变形为混合注意力模型
英文摘要
The paper proposes FlashMorph, a method to convert standard Transformers into hybrid attention models by formulating layer selection as a budget-constrained optimization problem. It uses morphable models and linearization regularization to decide which layers keep full attention and which switch to linear attention, considering global interdependencies. This approach outperforms heuristic selection strategies, discovering efficient configurations that maintain strong long-context recall and overall performance. FlashMorph also reduces the computational cost of layer selection itself, making it scalable.
中文摘要
该论文提出FlashMorph方法,通过将层选择建模为预算约束优化问题,将标准Transformer转换为混合注意力模型。它利用可变形模型和线性化正则化决定哪些层保留完全注意力、哪些替换为线性注意力,并考虑全局层间依赖关系。该方法优于启发式选择策略,能发现保持长上下文召回和整体性能的高效配置,同时降低了层选择本身的计算成本,具有可扩展性。
关键要点
FlashMorph formulates hybrid layer selection as a budget-constrained optimization, explicitly modeling global interdependencies between layers.

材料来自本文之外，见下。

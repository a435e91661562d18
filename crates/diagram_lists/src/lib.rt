//! The nodes below some handles of a store, each once, with a number for each: what a diagram is written by.
#![tactic(auto)]

mod list;

pub use list::{NodeList, list_nodes};
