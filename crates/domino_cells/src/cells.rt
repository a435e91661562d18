//! Arrival orders of a cell.

ghost use Rattle.std.specs.Prelude.{◌≡◌, ℕ, ◌<◌, ◌≤◌, length, IfOk};
ghost use Rattle.cell_room.specs.Compared.{AreInputs, IsFlattened, comparison};
ghost use Rattle.domino_cells.specs.Cells.{IsEqualIn};
ghost use Rattle.domino_order.specs.Arrivals.{AreRising, ArrivalTells};
ghost use Rattle.phase_terms.specs.Ready.{comparison_in};
ghost use Rattle.rule_index.specs.Tables.{AreRuleTables};
ghost use Rattle.vrt_model.specs.Equal.{IsPhaseEqual};
ghost use Rattle.vrt_model.specs.Hierarchy.{IsOrdered};
ghost use Rattle.vrt_model.specs.Inputs.{AreRules, IsBlif, IsDesign};
ghost use Rattle.vrt_model.specs.Models.{AreModels};
ghost use Rattle.vrt_model.specs.Unsupported.{comparison_of};
ghost use Rattle.vrt_model.specs.declared.blif.Blif.{Blif as BlifValue};

use blif_eval::ModelPlan;
use cell_compare::{EarlyCell, Flattened, early_prepared};
use domino_order::{Arrival, monotone_with};
use phase_terms::Comparison;
use prepared_tables::prepare;
use rule_index::RuleIndex;
use std::alloc::Global;
use vrt_model::{Blif, Design, NoMemory, Rules, Seq};
use whole_steps::{OutputPlace, WholeTable};

/// The comparison of a flattened cell with its model, where no instance is left whole.
fn flat_comparison<'a>(
    design: &'a Design,
    rules: &'a Rules,
    cell: u32,
    flattened: &'a Flattened,
) -> Comparison<'a>
    ensures comparison { comparison_in result ≡ comparison design.entry.now rules.entry.now cell flattened.entry.now }
{
    let drivers: &[Option<OutputPlace>] = &[];
    let plans: &[ModelPlan] = &[];
    Comparison {
        design,
        rules,
        cell,
        pairing: flattened.pairing(),
        circuit: flattened.circuit(),
        wholes: WholeTable { drivers, plans },
        model: flattened.model(),
        groups: flattened.groups(),
    }
}

/// Whether the order matters in which some input ports of an equal cell rise, from the tables of the rules and what was made of the cell.
pub fn monotone_made(
    alloc: Global,
    budget: u32,
    index: &RuleIndex,
    design: &Design,
    rules: &Rules,
    cell: u32,
    flattened: &Flattened,
    phase: u32,
    rising: &Seq<u32>,
) -> Result<Arrival, NoMemory>
    requires budget { (65536 ≤ budget) × (budget ≤ 64000000) }
    requires tables { AreRuleTables rules.now index.now }
    requires made { (blif : BlifValue) × (m : ℕ) × AreInputs design.now blif rules.now cell × IsFlattened design.now blif rules.now cell m flattened.now }
    requires phase { phase < length rules.now.phases }
    requires equal { IsPhaseEqual (comparison design.now rules.now cell flattened.now) phase }
    requires rising { AreRising (comparison design.now rules.now cell flattened.now) rising.now }
    ensures tells { IfOk result (λ a. (blif : BlifValue) → ArrivalTells (comparison design.now rules.now cell flattened.now) blif budget phase rising.now a) }
{
    let compared = flat_comparison(design, rules, cell, flattened);
    monotone_with(alloc, budget, index, compared, phase, rising)
}

/// Whether the order matters in which some input ports of a cell rise within a phase, one by one, the circuit settling after each and each hold
/// keeping what it settled to. The cell is equal to its model, and nothing stands in its way. `rising` lists places of different input ports, at
/// least one.
///
/// `Yes` comes only where every order goes well at every valuation that meets the constraints, and exactly there but for `TooMany` and `Budget`;
/// `No` with the first of the ports at which a single step fails, and the least bits of such a step. Constraints are asked of the valuation alone, and
/// not of the settings on the way; instances are unrolled. Want of memory is the only refusal.
pub fn monotone(
    alloc: Global,
    budget: u32,
    design: &Design,
    blif: &Blif,
    rules: &Rules,
    cell: u32,
    phase: u32,
    rising: &Seq<u32>,
) -> Result<Arrival, NoMemory>
    requires budget { (65536 ≤ budget) × (budget ≤ 64000000) }
    requires design { IsDesign design.now }
    requires blif { IsBlif blif.now }
    requires models { AreModels blif.now }
    requires rules { AreRules rules.now }
    requires cell { cell < length design.now.cells }
    requires ordered { IsOrdered design.now rules.now }
    requires phase { phase < length rules.now.phases }
    requires equal { (m : ℕ) × IsEqualIn design.now blif.now rules.now cell m × AreRising (comparison_of design.now blif.now rules.now cell m) rising.now }
    ensures tells { IfOk result (λ a. (m : ℕ) → IsEqualIn design.now blif.now rules.now cell m → ArrivalTells (comparison_of design.now blif.now rules.now cell m) blif.now budget phase rising.now a) }
{
    let prepared = prepare(alloc, design, blif, rules)?;
    let found = early_prepared(alloc, &prepared, design, blif, rules, cell)?;
    let EarlyCell {
        verdict: _verdict,
        flattened,
    } = found;
    let Some(flattened) = flattened else {
        return Err(NoMemory);
    };
    monotone_made(
        alloc,
        budget,
        &prepared.index,
        design,
        rules,
        cell,
        &flattened,
        phase,
        rising,
    )
}
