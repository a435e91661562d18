//! The list.

ghost use Rattle.std.specs.Prelude.{◌≡◌, ◌<◌, ◌≤◌, All, IfOk, OnOk, length, map, replicate, slice_set};
ghost use Rattle.bdd_core.specs.Store.{IsLive};
ghost use Rattle.diagram_lists.specs.Listed.{IsNodeList, functions_of, node_of, number_at};
ghost use Rattle.diagram_lists.specs.Numbered.{HasAdded, HasListed, IsNumbered};
ghost use Rattle.written_models.specs.Functions.{with_all_nodes};

use bdd_core::{H, Store};
use std::alloc::Global;
use vrt_model::NoMemory;

/// Nodes of a store, and numbers of the store's places.
pub struct NodeList {
    /// The nodes, as handles: those below the first handle come first, and each behind its branches.
    pub nodes: Vec<H>,
    /// For each place of the store a number: 0 and 1 of the two constants, from 2 on those of the nodes in the order of the list, and 0 of any
    /// other place.
    pub numbers: Vec<u32>,
}

/// By hand, so that letting go of one is a call.
impl Drop for NodeList {
    fn drop(self) {
        let NodeList {
            nodes: _nodes,
            numbers: _numbers,
        } = self;
    }
}

/// Numbers of so many places, of which the constant 1 alone has one.
fn first_numbers(alloc: Global, count: usize) -> Result<Vec<u32>, NoMemory>
    requires { 2 ≤ count }
    ensures { IfOk result (λ numbers. numbers.items ≡ slice_set (replicate count 0) 1 1) }
{
    match vec![in alloc; 0; count] {
        Ok(mut numbers) => {
            numbers[1] = 1;
            Ok(numbers)
        }
        Err(_) => Err(NoMemory),
    }
}

/// Adds a node that is not there, with the next number.
fn add(list: &mut NodeList, f: H) -> Result<(), NoMemory>
    requires numbered { IsNumbered (length list.old.numbers.items) list.old }
    requires inner { 2 ≤ f.0 }
    requires within { f.0 < length list.old.numbers.items }
    requires other { number_at list.old f.0 ≡ 0 }
    ensures { OnOk result (HasAdded f list.old list.new) }
{
    list.numbers[f.0 as usize] = list.nodes.len() as u32 + 2;
    match list.nodes.push(f) {
        Ok(()) => Ok(()),
        Err(_) => Err(NoMemory),
    }
}

/// Adds the nodes below a handle that are not there. It goes as deep as there are variables.
fn visit(store: &Store, f: H, list: &mut NodeList) -> Result<(), NoMemory>
    requires live { IsLive store.now f }
    requires numbered { IsNumbered (length store.now.nodes) list.old }
    ensures { OnOk result (HasListed store.now f list.old list.new) }
{
    store.sound();
    let Some(n) = store.node(f) else {
        return Ok(());
    };
    if list.numbers[f.0 as usize] != 0 {
        return Ok(());
    }
    visit(store, H(n.lo), list)?;
    visit(store, H(n.hi), list)?;
    add(list, f)
}

/// Adds the nodes below some handles that are not there, one handle after the other.
fn visit_all(store: &Store, handles: &[H], list: &mut NodeList) -> Result<(), NoMemory>
    requires live { All (IsLive store.now) handles.now }
    requires numbered { IsNumbered (length store.now.nodes) list.old }
    ensures numbered { OnOk result (IsNumbered (length store.now.nodes) list.new) }
    ensures nodes { OnOk result (map (node_of store.now) list.new.nodes.items ≡ with_all_nodes store.now.vars (functions_of store.now handles.now) (map (node_of store.now) list.old.nodes.items)) }
{
    for f in handles {
        visit(store, *f, list)?;
    }
    Ok(())
}

/// The nodes below some handles, and their numbers. It takes steps in the number of these nodes and of the handles, and memory for a number at
/// each place of the store.
pub fn list_nodes(alloc: Global, store: &Store, handles: &[H]) -> Result<NodeList, NoMemory>
    requires { All (IsLive store.now) handles.now }
    ensures { IfOk result (IsNodeList store.now handles.now) }
{
    store.sound();
    let numbers = first_numbers(alloc, store.node_count() as usize)?;
    let mut list = NodeList {
        nodes: Vec::new(alloc),
        numbers,
    };
    visit_all(store, handles, &mut list)?;
    Ok(list)
}
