//! Whether the order matters in which input ports of a cell rise within a phase, from the netlist, the models and the rules.
#![tactic(auto)]

mod cells;

pub use cells::{monotone, monotone_made};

FlashMorph将混合层选择建模为预算约束优化,显式地建模各层间的全局依赖关系。
It uses morphable models and linearization regularization to efficiently determine which layers should become linear attention versus full attention.
它使用可变形模型和线性化正则化,高效确定哪些层应替换为线性注意力、哪些保留完全注意力。
Experiments show FlashMorph finds more computationally efficient hybrid configurations while preserving long-context recall and overall model performance.
实验表明FlashMorph能发现计算更高效的混合配置,同时保持长上下文召回能力和模型整体性能。
The method reduces the cost of the layer selection process itself, unlike prior heuristic approaches that require extensive trial-and-error.
该方法降低了层选择过程本身的成本,而先前的启发式方法往往需要反复试错。